Woman's Art Club of New York

The Woman's Art Club of New York was an organization designed to promote and market works of art by women. He organized annual art exhibitions, giving women artists the chance to make a name for themselves in the male-dominated art scene. The club was founded in New York in 1890 and existed under that name until 1913, when it was renamed the National Association of Women Painters and Sculptors . Its current successor organization is the National Association of Women Artists .
history
The Woman's Art Club of New York was founded in 1890 by Anita C. Ashley , Adele Frances Bedell , Elizabeth S. Cheever , Grace Fitz-Randolph and Edith Mitchel Prellwitz . Similar associations that already existed in other places, such as Paris, served as a model. The club had its office in Manhattan . His goal was to create a space for women in which they could have their works of art examined by women without being exposed to the sexism of the art world, in which works of art were mostly valued by male artists. Unlike art schools for women, the Woman's Art Club of New York was not about imparting knowledge and techniques, but about public relations and networking.

The Woman's Art Club of New York held an exhibition each year, mostly of the artwork of its members. Artists could submit their works, which were then selected by a jury. In 1890 the first exhibition took place at the Berkeley Athletic Club . In its third exhibition in 1892, almost 300 works of art were exhibited, including paintings , drawings and etchings .
Artists from the USA as well as from other countries could become members; among others the club had members from the Netherlands and France. For example, Mary Cassatt , who lived in Paris, exhibited her etchings of mothers and children influenced by Japanese art at the third exhibition of the Woman's Art Club of New York.
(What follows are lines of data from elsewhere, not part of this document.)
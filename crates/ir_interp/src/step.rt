//! One step: what an instruction does to the environment and the memory.
//!
//! A step fails for want of memory alone, and then the state is no longer of use. Undefined behaviour is an answer.

ghost use Rattle.std.specs.Prelude.{◌≡◌, ℕ, Option, List, IfOk};
ghost use Rattle.ir_types.specs.declared.ty.Ty.{Ty};
ghost use Rattle.ir_types.specs.declared.op.Op.TheVariants.{Load, Store, Alloca};
ghost use Rattle.ir_model.specs.Memory.{Memory};
ghost use Rattle.ir_model.specs.Accesses.{value_effect};
ghost use Rattle.ir_model.specs.Step.{result_of, effect_of};
ghost use Rattle.ir_model.specs.Values.{pointer_of};
ghost use Rattle.ir_model.specs.CallFree.{step_of};
ghost use Rattle.ir_interp.specs.Slots.{types_in};
ghost use Rattle.ir_interp.specs.Effects.{effect_in, state_in, state_if};

use crate::accesses::{alloca, typed_load, typed_store};
use crate::addresses::{address_value, inbounds_value, pointer_of};
use crate::environment::{Environment, Types};
use crate::values::{bin_value, cast_value, cmp_value, select_value};
use crate::vectors::{extract_value, insert_value, shuffle_value};
use ir_model::{Memory, Value};
use ir_types::{Elem, Inst, Op, Ty};
use std::alloc::Global;
use vx_list::OutOfMemory;

/// What an instruction came to, beside what it left in the memory.
#[derive(Drop)]
pub(crate) enum Effect {
    /// Undefined behaviour.
    Undefined,
    /// Its result.
    Result(Value),
    /// No result.
    Nothing,
}

/// Where a function stands between two instructions.
#[derive(Drop)]
pub(crate) struct State {
    pub(crate) env: Environment,
    pub(crate) memory: Memory,
}

/// The result of a form without memory: operation, result type, operand types, operand values.
fn result_of(
    alloc: Global,
    op: &Op,
    ty: Ty,
    types: &[Ty],
    values: &[Value],
) -> Result<Option<Value>, OutOfMemory>
    ensures { IfOk result (λ value. value ≡ result_of op.now ty types.now values.now) }
{
    match (op, ty, types) {
        (Op::Bin { op, flags }, _, _) => bin_value(alloc, *op, *flags, ty, values),
        (Op::Icmp { pred }, _, [compared, _]) => cmp_value(alloc, *pred, ty, *compared, values),
        (Op::Cast { op, nneg }, _, [from]) => cast_value(alloc, *op, *nneg, ty, *from, values),
        (Op::Select, _, _) => select_value(alloc, ty, values),
        (Op::Extract, Ty::Int(_), [vector, _]) => Ok(extract_value(*vector, values)),
        (Op::Insert, _, _) => insert_value(alloc, ty, values),
        (Op::Shuffle { mask }, Ty::Row { .. }, [vector, _]) => shuffle_value(
            alloc,
            mask.as_lanes().as_slice(),
            *vector,
            values,
        ),
        (
            Op::Gep {
                elem,
                inbounds: false,
            },
            _,
            _,
        ) => Ok(address_value(*elem, ty, types, values)),
        _ => Ok(None),
    }
}

/// The effect of a result that leaves the memory.
fn value_effect(value: Option<Value>) -> Effect
    ensures { (m : Memory) → effect_in result m ≡ value_effect value m }
{
    match value {
        Some(value) => Effect::Result(value),
        None => Effect::Undefined,
    }
}

/// What an instruction comes to at the values of its operands.
fn effect_of(
    alloc: Global,
    op: &Op,
    ty: Ty,
    types: &[Ty],
    values: &[Value],
    memory: &mut Memory,
) -> Result<Effect, OutOfMemory>
    ensures { IfOk result (λ effect. effect_in effect memory.new ≡ effect_of op.now ty types.now values.now memory.old) }
{
    match op {
        Op::Gep {
            elem,
            inbounds: true,
        } => Ok(value_effect(inbounds_value(*elem, ty, types, values, memory))),
        Op::Load { align } => Ok(load(alloc, *align, ty, values, memory)?),
        Op::Store { align } => Ok(store(alloc, *align, ty, values, memory)?),
        Op::Alloca { elem, .. } => Ok(allocated(alloc, *elem, ty, values, memory)?),
        _ => Ok(value_effect(result_of(alloc, op, ty, types, values)?)),
    }
}

/// What a load comes to.
fn load(
    alloc: Global,
    align: u64,
    ty: Ty,
    values: &[Value],
    memory: &Memory,
) -> Result<Effect, OutOfMemory>
    ensures { IfOk result (λ effect. (types : List Ty) → effect_in effect memory.now ≡ effect_of (Load align) ty types values.now memory.now) }
{
    match values {
        [p] => Ok(value_effect(typed_load(alloc, align, ty, pointer_of(p), memory)?)),
        _ => Ok(Effect::Undefined),
    }
}

/// What a store comes to.
fn store(
    alloc: Global,
    align: u64,
    ty: Ty,
    values: &[Value],
    memory: &mut Memory,
) -> Result<Effect, OutOfMemory>
    ensures { IfOk result (λ effect. (types : List Ty) → effect_in effect memory.new ≡ effect_of (Store align) ty types values.now memory.old) }
{
    match values {
        [value, p] => {
            let defined = typed_store(alloc, align, ty, value, pointer_of(p), memory)?;
            Ok(if defined {
                Effect::Nothing
            } else {
                Effect::Undefined
            })
        }
        _ => Ok(Effect::Undefined),
    }
}

/// What an `alloca` comes to.
fn allocated(
    alloc: Global,
    elem: Elem,
    ty: Ty,
    values: &[Value],
    memory: &mut Memory,
) -> Result<Effect, OutOfMemory>
    ensures { IfOk result (λ effect. (types : List Ty) (align : Option ℕ) → effect_in effect memory.new ≡ effect_of (Alloca elem align) ty types values.now memory.old) }
{
    match (ty, values) {
        (Ty::Ptr, []) => Ok(Effect::Result(alloca(alloc, elem, memory)?)),
        _ => Ok(Effect::Undefined),
    }
}

/// One step, which says whether it is defined.
pub(crate) fn step(
    alloc: Global,
    types: &Types,
    inst: &Inst,
    state: &mut State,
) -> Result<bool, OutOfMemory>
    ensures { IfOk result (λ defined. state_if defined (state_in state.new.env.values.items state.new.memory) ≡ step_of (types_in types.now.types.items) inst.now (state_in state.old.env.values.items state.old.memory)) }
{
    let opds = inst.opds.as_slice();
    let values = state.env.values_of(alloc, opds)?;
    let opd_types = types.types_of(alloc, opds)?;
    let effect = effect_of(
        alloc,
        &inst.op,
        inst.ty,
        opd_types.as_slice(),
        values.as_slice(),
        &mut state.memory,
    )?;
    match effect {
        Effect::Undefined => Ok(false),
        Effect::Result(value) => {
            state.env.set(inst.id, value)?;
            Ok(true)
        }
        Effect::Nothing => Ok(true),
    }
}
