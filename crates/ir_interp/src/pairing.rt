//! Operations on two lanes, which work on two vectors lane by lane.
//!
//! `each_pair` fails for want of memory alone. Undefined behaviour is `None`.

ghost use Rattle.std.specs.Prelude.{◌≡◌, IfOk};
ghost use Rattle.ir_model.specs.Operations.{each_pair};
ghost use Rattle.ir_interp.specs.Pairing.{IsNarrow, lanewise};

use crate::lanes::{bin_lane, chosen_by, cmp_lane};
use ir_types::Lits;
use std::alloc::Global;
use vx_list::OutOfMemory;
use vx_num::{BinOp, Flags, Lane, Pred};

/// An operation on two lanes.
#[derive(Clone, Copy)]
pub(crate) enum Pairing {
    /// A binary operation at a width.
    Bin { op: BinOp, flags: Flags, w: u8 },
    /// A comparison at a width.
    Cmp { pred: Pred, w: u8 },
    /// What a condition chooses.
    Choice(Lane),
}

impl Pairing {
    /// The operation on two lanes.
    pub(crate) fn lane(self, a: Lane, b: Lane) -> Option<Lane>
        requires { IsNarrow self }
        ensures { result ≡ lanewise self a b }
    {
        match self {
            Pairing::Bin { op, flags, w } => bin_lane(op, flags, w, a, b),
            Pairing::Cmp { pred, w } => cmp_lane(pred, w, a, b),
            Pairing::Choice(c) => Some(chosen_by(c, a, b)),
        }
    }

    /// The operation on the lanes of two vectors.
    pub(crate) fn each_pair(
        self,
        alloc: Global,
        left: &[Lane],
        right: &[Lane],
    ) -> Result<Option<Lits>, OutOfMemory>
        requires { IsNarrow self }
        ensures { IfOk result (λ lanes. lanes ≡ each_pair (lanewise self) left.now right.now) }
    {
        let mut done = Lits::new(alloc);
        let mut rest = right;
        for a in left {
            let [b, more @ ..] = rest else {
                return Ok(None);
            };
            let Some(lane) = self.lane(*a, *b) else {
                return Ok(None);
            };
            done.push(lane)?;
            rest = more;
        }
        match rest {
            [] => Ok(Some(done)),
            _ => Ok(None),
        }
    }
}
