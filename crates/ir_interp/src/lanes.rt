//! Single lanes: their low bits, and each operation on them at a width of at most 64.
//!
//! Nothing here fails. Undefined behaviour is `None`; poison is a lane that is none.

ghost use Rattle.std.specs.Prelude.{◌≡◌, ◌≤◌};
ghost use Rattle.vx_num.specs.Width.{IsLane};
ghost use Rattle.ir_model.specs.Operations.{low, bin_lane, cmp_lane, cast_lane, chosen_by};

use vx_num::{BinOp, CastOp, Done, Flags, Lane, Pred, bin, cast, cmp};

/// The low bits of a lane.
pub(crate) fn low(w: u8, lane: Lane) -> Lane
    requires { w ≤ 64 }
    ensures value { result ≡ low w lane }
    ensures lane { IsLane w result }
{
    let n = lane?;
    if w == 64 {
        Some(n)
    } else {
        Some(n % (1u64 << w))
    }
}

/// A binary operation.
pub(crate) fn bin_lane(op: BinOp, flags: Flags, w: u8, a: Lane, b: Lane) -> Option<Lane>
    requires { w ≤ 64 }
    ensures { result ≡ bin_lane op flags w a b }
{
    match bin(op, flags, u32::from(w), low(w, a), low(w, b)) {
        Done::Value(lane) => Some(lane),
        Done::Undefined => None,
    }
}

/// A comparison.
pub(crate) fn cmp_lane(pred: Pred, w: u8, a: Lane, b: Lane) -> Option<Lane>
    requires { w ≤ 64 }
    ensures { result ≡ cmp_lane pred w a b }
{
    Some(cmp(pred, u32::from(w), low(w, a), low(w, b)))
}

/// A conversion.
pub(crate) fn cast_lane(op: CastOp, nneg: bool, from: u8, to: u8, a: Lane) -> Lane
    requires source { from ≤ 64 }
    requires target { to ≤ 64 }
    ensures { result ≡ cast_lane op nneg from to a }
{
    cast(op, nneg, u32::from(from), u32::from(to), low(from, a))
}

/// What a condition chooses of two lanes or two pointers, of which either may be poison.
pub(crate) fn chosen_by<T: Copy>(c: Lane, a: Option<T>, b: Option<T>) -> Option<T>
    ensures { result ≡ chosen_by c a b }
{
    let n = c?;
    if n == 0 { b } else { a }
}
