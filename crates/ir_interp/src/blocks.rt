//! Blocks: instructions in order, terminators, and the phis of a block that is entered.
//!
//! A run of a block fails for want of memory alone, and then the state is no longer of use.

ghost use Rattle.std.specs.Prelude.{◌≡◌, IfOk, OnOk};
ghost use Rattle.std.specs.Option.{option_copied};
ghost use Rattle.ir_model.specs.Step.{State as ModelState};
ghost use Rattle.ir_model.specs.Run.{is_terminator, is_phi, chosen, leave, arm_from, arm_of};
ghost use Rattle.ir_model.specs.CallFree.{run_insts, enter, run_block};
ghost use Rattle.ir_interp.specs.Slots.{env_in, types_in};
ghost use Rattle.ir_interp.specs.Effects.{state_in};
ghost use Rattle.ir_interp.specs.Blocks.{ended_in, is_case, arrived, IsEntry};

use crate::environment::{Environment, Types};
use crate::step::{State, step};
use ir_model::Value;
use ir_types::{Block, Id, Inst, Op, Opd};
use std::alloc::Global;
use vx_list::{OutOfMemory, Seq, TryClone};
use vx_num::Lane;

/// How a block ends.
#[derive(Drop)]
pub(crate) enum Ended {
    /// In undefined behaviour.
    Stops,
    /// With a return.
    Returns(Option<Value>),
    /// On the edge to a block.
    Goes(u32),
}

/// A value that a phi brings.
#[derive(Drop)]
struct Arrival {
    id: Id,
    value: Value,
}

/// Whether an operation ends a block.
fn is_terminator(op: &Op) -> bool
    ensures { result ≡ is_terminator op.now }
{
    match op {
        Op::Ret => true,
        Op::Br { .. } => true,
        Op::CondBr { .. } => true,
        Op::Switch { .. } => true,
        Op::Unreachable => true,
        _ => false,
    }
}

/// Whether an operation is a phi.
fn is_phi(op: &Op) -> bool
    ensures { result ≡ is_phi op.now }
{
    match op {
        Op::Phi { .. } => true,
        _ => false,
    }
}

/// Whether a case is the number.
fn is_case(number: u64, case: Lane) -> bool
    ensures { result ≡ is_case number case }
{
    match case {
        Some(c) => number == c,
        None => false,
    }
}

/// The block of the first case that is the number, or else the other.
fn chosen(number: u64, other: u32, cases: &[Lane], to: &[u32]) -> u32
    ensures { result ≡ chosen number other cases.now to.now }
{
    let mut rest = to;
    for case in cases {
        let [block, more @ ..] = rest else {
            return other;
        };
        if is_case(number, *case) {
            return *block;
        }
        rest = more;
    }
    other
}

/// How a terminator ends its block at the values of its operands (Language Reference, "Terminator Instructions").
fn leave(alloc: Global, op: &Op, values: &[Value]) -> Result<Ended, OutOfMemory>
    ensures { IfOk result (λ ended. (s : ModelState) → ended_in ended s ≡ leave op.now values.now s) }
{
    match (op, values) {
        (Op::Ret, []) => Ok(Ended::Returns(None)),
        (Op::Ret, [value]) => Ok(Ended::Returns(Some(value.try_clone(alloc)?))),
        (Op::Br { to }, _) => Ok(Ended::Goes(*to)),
        (Op::CondBr { yes, no }, [Value::Lane(Some(n))]) => Ok(Ended::Goes(if *n == 0 {
            *no
        } else {
            *yes
        })),
        (Op::Switch { other, cases, to }, [Value::Lane(Some(n))]) => Ok(Ended::Goes(chosen(
            *n,
            *other,
            cases.as_lanes().as_slice(),
            to.as_slice(),
        ))),
        _ => Ok(Ended::Stops),
    }
}

/// Runs instructions in order, up to the terminator.
fn run_insts(
    alloc: Global,
    types: &Types,
    insts: &[Inst],
    state: &mut State,
) -> Result<Ended, OutOfMemory>
    ensures { IfOk result (λ ended. ended_in ended (state_in state.new.env.values.items state.new.memory) ≡ run_insts (types_in types.now.types.items) insts.now (state_in state.old.env.values.items state.old.memory)) }
{
    for inst in insts {
        if is_terminator(&inst.op) {
            let values = state.env.values_of(alloc, inst.opds.as_slice())?;
            return Ok(leave(alloc, &inst.op, values.as_slice())?);
        }
        if !step(alloc, types, inst, state)? {
            return Ok(Ended::Stops);
        }
    }
    Ok(Ended::Stops)
}

/// The operand that a phi brings from a block.
fn arm_from<'a>(from: u32, blocks: &[u32], opds: &'a [Opd]) -> Option<&'a Opd>
    ensures { option_copied result ≡ arm_from from blocks.now opds.now }
{
    let mut rest = opds;
    for block in blocks {
        let [opd, more @ ..] = rest else {
            return None;
        };
        if *block == from {
            return Some(opd);
        }
        rest = more;
    }
    None
}

/// The operand that an instruction brings from a block, if it is a phi.
fn arm_of<'a>(from: Option<u32>, op: &Op, opds: &'a [Opd]) -> Option<&'a Opd>
    ensures { option_copied result ≡ arm_of from op.now opds.now }
{
    match (from, op) {
        (Some(from), Op::Phi { blocks }) => arm_from(from, blocks.as_slice(), opds),
        _ => None,
    }
}

/// What the phis at the head of a block bring, all read in the environment on the edge.
fn arrivals(
    alloc: Global,
    from: Option<u32>,
    edge: &Environment,
    insts: &[Inst],
) -> Result<Option<Seq<Arrival>>, OutOfMemory>
    ensures { IfOk result (IsEntry from (env_in edge.now.values.items) insts.now) }
{
    let mut arrivals = Seq::new(alloc);
    for inst in insts {
        if !is_phi(&inst.op) {
            break;
        }
        let Some(opd) = arm_of(from, &inst.op, inst.opds.as_slice()) else {
            return Ok(None);
        };
        arrivals.push(Arrival {
            id: inst.id,
            value: edge.value_of(alloc, opd)?,
        })?;
    }
    Ok(Some(arrivals))
}

/// Gives the phis' ids what they bring.
fn arrive(alloc: Global, arrivals: &[Arrival], env: &mut Environment) -> Result<(), OutOfMemory>
    ensures { OnOk result (env_in env.new.values.items ≡ arrived arrivals.now (env_in env.old.values.items)) }
{
    for arrival in arrivals {
        env.set(arrival.id, arrival.value.try_clone(alloc)?)?;
    }
    Ok(())
}

/// Runs the instructions of a block that is entered from a block, or at the start.
fn enter(
    alloc: Global,
    types: &Types,
    from: Option<u32>,
    insts: &[Inst],
    state: &mut State,
) -> Result<Ended, OutOfMemory>
    ensures { IfOk result (λ ended. ended_in ended (state_in state.new.env.values.items state.new.memory) ≡ enter (types_in types.now.types.items) from (env_in state.old.env.values.items) insts.now (state_in state.old.env.values.items state.old.memory)) }
{
    let Some(arrivals) = arrivals(alloc, from, &state.env, insts)? else {
        return Ok(Ended::Stops);
    };
    arrive(alloc, arrivals.as_slice(), &mut state.env)?;
    run_insts(alloc, types, &insts[arrivals.len()..], state)
}

/// Runs a block, if it is there.
pub(crate) fn run_block(
    alloc: Global,
    types: &Types,
    from: Option<u32>,
    block: Option<&Block>,
    state: &mut State,
) -> Result<Ended, OutOfMemory>
    ensures { IfOk result (λ ended. ended_in ended (state_in state.new.env.values.items state.new.memory) ≡ run_block (types_in types.now.types.items) from (state_in state.old.env.values.items state.old.memory) (option_copied block.entry)) }
{
    match block {
        Some(block) => enter(alloc, types, from, block.insts.as_slice(), state),
        None => Ok(Ended::Stops),
    }
}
Even Suzanne Valadon , Rosa Bonheur and Cecilia Beaux participated in exhibitions of the club.
Members included painters Ruth Payne Burgess , Emma Lampert Cooper , Jenny Eakin Delony , Claude Raguet Hirst , Dora Wheeler Keith , Rhoda Holmes Nicholls , Clara Weaver Parrish , Amanda Brewster Sewell , Louise Cox and M. Jean McLane, and the sculptors Gertrude Vanderbilt Whitney and Anna Hyatt Huntington .
Works of art by well-known members
Self-portrait by Amanda Brewster Sewell (1904)
Self-portrait by Rhoda Carleton Holmes Nicholls
Portrait of a Young Woman by Ruth Payne Burgess (1915)
May Flowers by Louise Cox (1911)
Tea Time by Jean McLane (1905)
Arkansas Made by Jenny Eakin Delony (1896–1900)
Isolde by Clara Weaver Parrish
The Bookworm's Table by Claude Raguet Hirst ( ca.1890 )
Web links
- History of the successor organization National Association of Women Painters and Sculptors
- Exhibition review with descriptions of numerous pictures in the New York Times on February 26, 1892
Individual evidence
- ↑ a b c d http://www.thenawa.org/nawa-history/
- ↑ a b c d e f The Woman's Art Club . In: The New York Times , February 26, 1892. Retrieved August 4, 2016.
- ^ Club Women of New York. Mail and Express Company, 1906, p. 127.
- ↑ Biographies of the founding members of the Rochester Art Club ( Memento of the original from September 9, 2013 in the Internet Archive ) Info: The archive link has been inserted automatically and has not yet been checked. Please check the original and archive link according to the instructions and then remove this notice. , accessed August 4, 2016.
- ^ Who's Who in Illinois . Roosevelt & Larkin, Chicago 1947, p. 390.
- ^ Christine Crafts Neal: Claude Raguet Hirst. Her (Still) Life Story . In: Woman's Art Journal . 23, No. 1, 2002, pp. 11-16. doi : 10.2307 / 1358962 .
- ^ The Fine Arts. The Woman's Art Club. In: The Critic, Vol. 24, 1894, p. 137.
- ^ Adam Bunge: Arts & Decoration. Vol. 1, 1911, p. 302.